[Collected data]
%%
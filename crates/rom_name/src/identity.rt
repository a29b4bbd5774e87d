//! The words of a header that say whose updates a heap holds.
ghost use Rattle.std.specs.Prelude.{◌≡◌, ◌≤◌, ◌↔◌, IfOk, IsTrue};
ghost use Rattle.rom_device.specs.Device.{Makes, OnlyReads};
ghost use Rattle.rom_name.specs.Identities.{IsNamed, identity_of};

use rom_device::{Device, Failed};
use rom_frame::HeapName;

/// The place of the first word of the name. It is written last.
pub(crate) const NAME: u64 = 4;

/// The place of the second word of the name.
pub(crate) const LOW: u64 = 5;

/// The place of the epoch.
pub(crate) const EPOCH: u64 = 6;

/// The place of the count at which the epoch began.
pub(crate) const SINCE: u64 = 7;

/// Whose updates a heap holds: its name, the number of its epoch, and the count of updates at which that began.
/// It is of this epoch where its own count is that count or more.
#[derive(Clone, Copy, Debug, PartialEq, Eq)]
pub struct Identity {
    pub name: HeapName,
    pub epoch: u64,
    pub since: u64,
}

/// Whether these words are a name: the first is not 0.
pub fn is_named(name: HeapName) -> bool
    ensures { IsTrue result ↔ IsNamed name }
{
    name.high != 0
}

/// Reads the identity of a heap. Of words that are no heap it tells what stands there.
pub fn read_identity<D: Device>(device: &mut D) -> Result<Identity, Failed>
    requires { 8 ≤ D.shown.size device.old }
    // Where the device tells its words: after `Ok` it is what they say.
    ensures is { IsTrue D.shown.tells_words →
        IfOk result (λ identity. identity ≡ identity_of (D.shown.words device.old)) }
    ensures only { OnlyReads D.shown device.old device.new }
    ensures makes { Makes D.shown 4 0 0 device.old device.new result }
{
    let high = device.read(NAME)?;
    let low = device.read(LOW)?;
    let epoch = device.read(EPOCH)?;
    let since = device.read(SINCE)?;
    Ok(Identity {
        name: HeapName { high, low },
        epoch,
        since,
    })
}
%%
▸ Aim of the task
Starting at the line that contains "#[derive(Clone, Copy, Debug, PartialEq, Eq)]", output every remaining line of the data exactly, and stop after the last one.

▸ Reply
#[derive(Clone, Copy, Debug, PartialEq, Eq)]
pub struct Identity {
    pub name: HeapName,
    pub epoch: u64,
    pub since: u64,
}

/// Whether these words are a name: the first is not 0.
pub fn is_named(name: HeapName) -> bool
    ensures { IsTrue result ↔ IsNamed name }
{
    name.high != 0
}

/// Reads the identity of a heap. Of words that are no heap it tells what stands there.
pub fn read_identity<D: Device>(device: &mut D) -> Result<Identity, Failed>
    requires { 8 ≤ D.shown.size device.old }
    // Where the device tells its words: after `Ok` it is what they say.
    ensures is { IsTrue D.shown.tells_words →
        IfOk result (λ identity. identity ≡ identity_of (D.shown.words device.old)) }
    ensures only { OnlyReads D.shown device.old device.new }
    ensures makes { Makes D.shown 4 0 0 device.old device.new result }
{
    let high = device.read(NAME)?;
    let low = device.read(LOW)?;
    let epoch = device.read(EPOCH)?;
    let since = device.read(SINCE)?;
    Ok(Identity {
        name: HeapName { high, low },
        epoch,
        since,
    })
}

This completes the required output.